The influence of eccentric needle movement on internal flow and injection characteristics of a multi-hole diesel nozzle

Abstract

The internal flow characteristics and injection characteristics of each nozzle hole in a multi-hole diesel nozzle are significantly affected by transient needle movement which studies have shown to be unconventional (eccentric). This eccentric needle movement (unconventional movement of needle within nozzle) is considered as one of the main causes responsible for injection start delay and also variations in fuel injection quantities and spray patterns from symmetric multi-hole nozzles.
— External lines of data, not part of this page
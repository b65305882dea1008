//! Trees once more, by a plain and slow program: each call is a scan of a list. Tests compare what it answers with
//! what the trees of `osb_tree` answer.
#![tactic(auto)]

mod trees;

pub use trees::PlainTree;
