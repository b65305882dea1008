ghost use Rattle.std.specs.Prelude.{◌≡◌, ◌≢◌, ◌-◌, ◌^◌, ℕ, List, IfOk, IfErr, OnOk, OnErr, None, Some, min, length, option_copied};
ghost use Rattle.std.specs.Ordering.{is_le};
ghost use Rattle.std.specs.List.{position_or_len};
ghost use Rattle.osb_tree.specs.Paths.{path_cmp};
ghost use Rattle.osb_tree.specs.Trees.{empty_tree, tree_size, node_at, next_after, put_at, put_fault, parent_fault, takes_over, has_beneath, is_too_large};

use osb_tree::places::{is_beneath, is_directory, weight};
use osb_tree::{MAX_PATHS, MAX_SIZE, NoMemory, Node, Path, PutFault};
use std::alloc::Global;
use std::marker::Model;

/// A file system in memory, kept as nothing but the sorted list of what it has.
#[derive(Drop)]
pub struct PlainTree {
    entries: Vec<(Path, Node)>,
}

impl Model for PlainTree {
    ghost use Rattle.std.specs.Prelude.{ℕ, List};
    ghost use Rattle.osb_tree.specs.declared.nodes.Node.{Node};

    ghost Value = { List (List (List ℕ) × Node) };

    ghost view = { λ t. t.entries.items };
}

impl Clone for PlainTree {
    ghost is_clone = { λ x y. y ≡ x };

    fn clone(&self) -> Result<Self, NoMemory> {
        Ok(PlainTree {
            entries: self.entries.clone()?,
        })
    }
}

impl PlainTree {
    /// Nothing but a root, of mode 0755 and owned by 0.
    pub fn empty(alloc: Global) -> Result<Self, NoMemory>
        ensures tree { IfOk result (λ tree. tree ≡ empty_tree) }
    {
        let directory = Node::Dir {
            mode: 0o755,
            uid: 0,
            gid: 0,
        };
        let mut entries = Vec::new(alloc);
        entries.push((Path::root(alloc), directory))?;
        Ok(PlainTree { entries })
    }

    /// In bytes, up to the greatest number.
    pub fn size(&self) -> u64
        ensures size { result ≡ min (tree_size self.now) (2 ^ 64 - 1) }
    {
        let mut size = 0u64;
        for (path, node) in &self.entries {
            size = size.saturating_add(weight(path, node));
        }
        size
    }

    pub fn len(&self) -> usize
        ensures length { result ≡ length self.now }
    {
        self.entries.len()
    }

    /// What stands at the path.
    pub fn get(&self, path: &Path) -> Option<&Node>
        ensures node { option_copied result ≡ node_at self.now path.now }
    {
        for (held, node) in &self.entries {
            if path == held {
                return Some(node);
            }
        }
        None
    }

    /// Where a walk in path order goes on after a path, which the tree need not have.
    pub fn next_path(&self, after: &Path) -> Option<&Path>
        ensures next { option_copied result ≡ next_after self.now after.now }
    {
        for (path, _) in &self.entries {
            if after < path {
                return Some(path);
            }
        }
        None
    }

    /// Puts a node where nothing stands, or in the place of what does. What is beneath a directory stays.
    pub fn put(&mut self, alloc: Global, path: Path, node: Node) -> Result<(), PutFault>
        ensures ok { OnOk result ((put_fault self.old path node ≡ None) × (self.new ≡ put_at self.old path node)) }
        ensures fault { IfErr result (λ fault. fault ≢ PutFault.NoMemory → put_fault self.old path node ≡ Some fault) }
        ensures err { OnErr result (self.new ≡ self.old) }
    {
        self.check_parent(alloc, &path)?;
        if self.takes_over(&path, &node) {
            return Err(PutFault::NotEmpty);
        }
        let mut after = self.clone()?;
        after.insert(path, node)?;
        if after.is_too_large() {
            return Err(PutFault::TooLarge);
        }
        *self = after;
        Ok(())
    }

    fn check_parent(&self, alloc: Global, path: &Path) -> Result<(), PutFault>
        ensures ok { OnOk result (parent_fault self.now path.now ≡ None) }
        ensures fault { IfErr result (λ fault. fault ≢ PutFault.NoMemory → parent_fault self.now path.now ≡ Some fault) }
    {
        let Some(parent) = path.parent(alloc)? else {
            return Ok(());
        };
        match self.get(&parent) {
            None => Err(PutFault::ParentMissing),
            Some(node) if is_directory(node) => Ok(()),
            Some(_) => Err(PutFault::ParentNotDir),
        }
    }

    /// Whether what is no directory would take the place of the root, or of what has something beneath it.
    fn takes_over(&self, path: &Path, node: &Node) -> bool
        ensures { result ≡ takes_over self.now path.now node.now }
    {
        !is_directory(node) && (path.names().is_empty() || self.has_beneath(path))
    }

    fn has_beneath(&self, path: &Path) -> bool
        ensures { result ≡ has_beneath self.now path.now }
    {
        self.entries.iter().any(|(held, _)| is_beneath(path, held))
    }

    fn insert(&mut self, path: Path, node: Node) -> Result<(), NoMemory>
        ensures { OnOk result (self.new ≡ put_at self.old path node) }
    {
        let place = self.place(&path);
        if place < self.entries.len() && path == self.entries[place].0 {
            self.entries[place] = (path, node);
        } else {
            self.entries.insert(place, (path, node))?;
        }
        Ok(())
    }

    /// How many paths stand before the given one.
    fn place(&self, path: &Path) -> usize
        ensures { result ≡ position_or_len (λ entry. is_le (path_cmp path.now entry.0)) self.now }
    {
        self.entries
            .iter()
            .position(|(held, _)| path <= held)
            .unwrap_or(self.entries.len())
    }

    fn is_too_large(&self) -> bool
        ensures { result ≡ is_too_large self.now }
    {
        self.entries.len() > MAX_PATHS || self.size() > MAX_SIZE
    }
}
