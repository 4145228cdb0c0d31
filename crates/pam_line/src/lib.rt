// What a line of a PAM header says, after the first (SCOPE, "PAM").
#![tactic(auto)]

ghost use Rattle.std.specs.Prelude.{◌≡◌};
ghost use Rattle.pam_line.specs.Line.{keyword_of, says};
ghost use Rattle.pam_line.specs.Inner.{held, number_said, said_of};

use pam_text::{Class, run_of, same};
use pam_words::split_word;
use preview_decimal::number;

// What a number may be given for.
#[derive(Clone, Copy)]
pub enum Key {
    Width,
    Height,
    Depth,
    Maxval,
}

// The first word of a line that says something.
#[derive(Clone, Copy)]
pub enum Keyword {
    Number(Key),
    Type,
    End,
    Other,
}

// What a line says.
#[derive(Clone, Copy)]
pub enum Said {
    Nothing,
    Number { key: Key, value: u32 },
    // a tuple type: RGB_ALPHA alone, or another
    RgbAlpha,
    OtherType,
    // the end of the header
    End,
    // outside the form
    Outside,
}

// Kept: (c) a match on the byte strings is refused, with 43 goals open, 36 of them in its last arm.
#[tactic(auto, unfolding(crate::specs::Line::keyword_of))]
fn keyword_of(w: &[u8]) -> Keyword
    ensures { result ≡ keyword_of w.now }
{
    if same(w, b"WIDTH") {
        return Keyword::Number(Key::Width);
    }
    if same(w, b"HEIGHT") {
        return Keyword::Number(Key::Height);
    }
    if same(w, b"DEPTH") {
        return Keyword::Number(Key::Depth);
    }
    if same(w, b"MAXVAL") {
        return Keyword::Number(Key::Maxval);
    }
    if same(w, b"TUPLTYPE") {
        return Keyword::Type;
    }
    if same(w, b"ENDHDR") {
        return Keyword::End;
    }
    Keyword::Other
}

// A line of a number, by its second word and its third, empty where there is none.
#[tactic(auto, using(crate::proofs::Saying::number_letter, crate::proofs::Saying::number_alone), unfolding(crate::specs::Inner::number_said))]
fn number_line(key: Key, word: &[u8], next: &[u8]) -> Said
    ensures { result ≡ number_said key word.now next.now }
{
    if word.is_empty() || !next.is_empty() || run_of(Class::Digit, word) != word.len() {
        return Said::Outside;
    }
    Said::Number {
        key,
        value: number(word).unwrap_or(u32::MAX),
    }
}

// A line by its first word, its second and its third.
#[tactic(auto, unfolding(crate::specs::Inner::type_said))]
fn by_words(keyword: Keyword, a: &[u8], b: &[u8]) -> Said
    ensures { result ≡ said_of keyword a.now b.now }
{
    match keyword {
        Keyword::Number(key) => number_line(key, a, b),
        Keyword::Type if a.is_empty() => Said::Outside,
        Keyword::Type if b.is_empty() && same(a, b"RGB_ALPHA") => Said::RgbAlpha,
        Keyword::Type => Said::OtherType,
        Keyword::End if a.is_empty() => Said::End,
        Keyword::End | Keyword::Other => Said::Outside,
    }
}

// What a line says; a number of more than 32 bits is told as the largest of them.
// Rules out: HEIGHT taken for WIDTH; a number left out, a letter in it, a word after it; a tuple type of no word; RGB_ALPHA and another word taken
// for RGB_ALPHA alone; a word after ENDHDR; a comment that begins with %.
#[tactic(auto, using(crate::proofs::Saying::hash_is, crate::proofs::Saying::says_comment, crate::proofs::Saying::says_blanks))]
pub fn line_says(line: &[u8]) -> Said
    ensures { result ≡ held (says line.now) }
{
    // Kept: blanks alone are told before a word is looked for: a header may have many such lines.
    if line.starts_with(b"#") || line.len() <= run_of(Class::Blank, line) {
        return Said::Nothing;
    }
    let (w, rest) = split_word(line);
    let (a, more) = split_word(rest);
    let (b, _) = split_word(more);
    by_words(keyword_of(w), a, b)
}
Needle eccentricity movement creating conditions (causes) and the effect of the eccentric behavior on flow in a symmetric multi-hole diesel nozzle, were computationally studied by examining the in-nozzle geometrical flow area of each nozzle hole during the transient movement of the needle. Based on experimentally determined needle displacement, moving mesh technique was employed in modeling the eccentric needle movement in the computational domain during the simulation. After which the effects of eccentricity within nozzle on in-nozzle hole flow characteristics (cavitation distribution, fuel flow velocity distribution) and injection characteristics (fuel injection rate) were investigated. With a direct effect on flow distribution within nozzle holes, eccentric needle movement has a direct effect on injection and can therefore be considered as one of the main causes of non-homogeneity during fuel injection process. At low needle lift, cavitation distribution, fuel flow velocity and fuel injection rate of each nozzle hole vary considerably and are highly dependent on the needle position. The progressive variations in fuel injection rate non-uniformity from the nozzle are caused to some extent, by the rate of change in in-nozzle geometrical flow area for each nozzle during injection process. The nozzle hole close to the needle displacement shows high level of sensitivity with regards to eccentric needle movement. This nozzle hole therefore exhibits the most variations of injection characteristics under all the cases of eccentricities. Also, with varying degree of needle eccentricity, rate of non-uniform coefficient of cycle fuel injection quantity within the nozzle varies disproportionately.